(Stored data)
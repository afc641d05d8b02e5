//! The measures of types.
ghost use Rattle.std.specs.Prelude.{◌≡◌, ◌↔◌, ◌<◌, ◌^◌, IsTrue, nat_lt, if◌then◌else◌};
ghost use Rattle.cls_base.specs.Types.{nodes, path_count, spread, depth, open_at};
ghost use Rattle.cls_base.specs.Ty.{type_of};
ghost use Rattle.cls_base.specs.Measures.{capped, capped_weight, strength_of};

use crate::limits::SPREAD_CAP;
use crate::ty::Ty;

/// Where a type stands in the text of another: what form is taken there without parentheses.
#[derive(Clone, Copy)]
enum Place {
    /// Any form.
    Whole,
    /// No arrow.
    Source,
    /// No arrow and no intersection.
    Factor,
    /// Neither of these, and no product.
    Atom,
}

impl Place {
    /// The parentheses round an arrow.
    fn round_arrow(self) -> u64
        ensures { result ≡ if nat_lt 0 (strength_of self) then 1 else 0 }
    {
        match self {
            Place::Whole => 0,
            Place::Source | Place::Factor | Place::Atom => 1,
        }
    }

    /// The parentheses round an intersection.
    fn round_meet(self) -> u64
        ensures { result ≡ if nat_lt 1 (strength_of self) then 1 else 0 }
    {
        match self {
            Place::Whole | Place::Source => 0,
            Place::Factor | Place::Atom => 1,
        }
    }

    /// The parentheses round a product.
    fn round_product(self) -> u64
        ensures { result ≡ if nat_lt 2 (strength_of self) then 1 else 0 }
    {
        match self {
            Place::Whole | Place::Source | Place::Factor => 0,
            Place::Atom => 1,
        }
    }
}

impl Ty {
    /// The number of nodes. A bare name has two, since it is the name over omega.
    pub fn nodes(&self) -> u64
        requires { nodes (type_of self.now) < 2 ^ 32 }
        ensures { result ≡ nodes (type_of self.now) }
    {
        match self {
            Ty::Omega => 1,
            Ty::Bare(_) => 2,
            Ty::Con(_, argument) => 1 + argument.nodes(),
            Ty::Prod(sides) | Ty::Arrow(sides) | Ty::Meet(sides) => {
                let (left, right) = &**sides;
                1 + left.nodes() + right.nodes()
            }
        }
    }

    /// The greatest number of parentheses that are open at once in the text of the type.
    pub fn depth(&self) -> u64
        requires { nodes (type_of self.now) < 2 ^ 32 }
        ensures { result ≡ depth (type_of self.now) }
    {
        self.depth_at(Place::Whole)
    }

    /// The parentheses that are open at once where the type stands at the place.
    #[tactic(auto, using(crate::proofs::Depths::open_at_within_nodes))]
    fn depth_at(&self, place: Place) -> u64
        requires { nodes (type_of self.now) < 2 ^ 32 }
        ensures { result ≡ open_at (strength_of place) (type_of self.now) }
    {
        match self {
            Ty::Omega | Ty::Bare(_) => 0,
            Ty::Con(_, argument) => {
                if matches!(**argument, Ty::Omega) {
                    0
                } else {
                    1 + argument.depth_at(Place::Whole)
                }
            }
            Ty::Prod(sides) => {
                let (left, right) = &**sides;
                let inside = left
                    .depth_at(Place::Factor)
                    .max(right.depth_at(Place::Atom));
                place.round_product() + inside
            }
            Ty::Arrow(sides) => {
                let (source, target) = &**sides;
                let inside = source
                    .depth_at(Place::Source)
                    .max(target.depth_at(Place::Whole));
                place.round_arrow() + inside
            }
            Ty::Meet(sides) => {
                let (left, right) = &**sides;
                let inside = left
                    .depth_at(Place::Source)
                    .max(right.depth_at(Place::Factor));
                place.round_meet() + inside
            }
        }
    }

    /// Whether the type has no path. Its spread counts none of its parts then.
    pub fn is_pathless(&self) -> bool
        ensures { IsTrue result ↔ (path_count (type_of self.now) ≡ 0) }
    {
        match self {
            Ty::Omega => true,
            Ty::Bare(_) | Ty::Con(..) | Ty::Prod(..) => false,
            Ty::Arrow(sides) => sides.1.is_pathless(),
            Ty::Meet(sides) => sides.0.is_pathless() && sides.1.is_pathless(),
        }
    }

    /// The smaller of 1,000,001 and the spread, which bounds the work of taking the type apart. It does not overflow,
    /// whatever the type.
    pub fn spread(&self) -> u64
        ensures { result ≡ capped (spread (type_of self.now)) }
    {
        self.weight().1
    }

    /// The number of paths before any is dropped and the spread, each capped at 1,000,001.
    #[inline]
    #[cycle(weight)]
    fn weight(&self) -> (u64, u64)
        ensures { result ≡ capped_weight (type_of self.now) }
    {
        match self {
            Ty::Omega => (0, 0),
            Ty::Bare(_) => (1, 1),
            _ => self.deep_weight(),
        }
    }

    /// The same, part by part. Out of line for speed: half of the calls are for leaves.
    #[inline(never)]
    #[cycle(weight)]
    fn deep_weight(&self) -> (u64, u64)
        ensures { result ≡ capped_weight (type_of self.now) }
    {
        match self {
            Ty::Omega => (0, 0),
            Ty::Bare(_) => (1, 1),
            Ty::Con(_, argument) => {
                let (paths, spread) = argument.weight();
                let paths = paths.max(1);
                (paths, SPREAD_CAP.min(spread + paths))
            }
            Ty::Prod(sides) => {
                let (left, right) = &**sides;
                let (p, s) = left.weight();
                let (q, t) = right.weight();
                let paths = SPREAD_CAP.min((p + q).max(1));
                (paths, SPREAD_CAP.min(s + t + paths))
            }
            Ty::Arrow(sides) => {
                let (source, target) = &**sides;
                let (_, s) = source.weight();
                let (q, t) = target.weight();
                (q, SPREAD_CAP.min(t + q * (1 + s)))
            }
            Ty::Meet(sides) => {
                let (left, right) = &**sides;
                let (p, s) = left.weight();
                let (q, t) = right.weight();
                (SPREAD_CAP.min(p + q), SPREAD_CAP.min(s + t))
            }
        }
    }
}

## WHAT IS EXPECTED
Copy each line of the records containing the string "result".

## ANSWER TO THIS PROBLEM
        ensures { result ≡ if nat_lt 0 (strength_of self) then 1 else 0 }
        ensures { result ≡ if nat_lt 1 (strength_of self) then 1 else 0 }
        ensures { result ≡ if nat_lt 2 (strength_of self) then 1 else 0 }
        ensures { result ≡ nodes (type_of self.now) }
        ensures { result ≡ depth (type_of self.now) }
        ensures { result ≡ open_at (strength_of place) (type_of self.now) }
        ensures { IsTrue result ↔ (path_count (type_of self.now) ≡ 0) }
        ensures { result ≡ capped (spread (type_of self.now)) }
        ensures { result ≡ capped_weight (type_of self.now) }
        ensures { result ≡ capped_weight (type_of self.now) }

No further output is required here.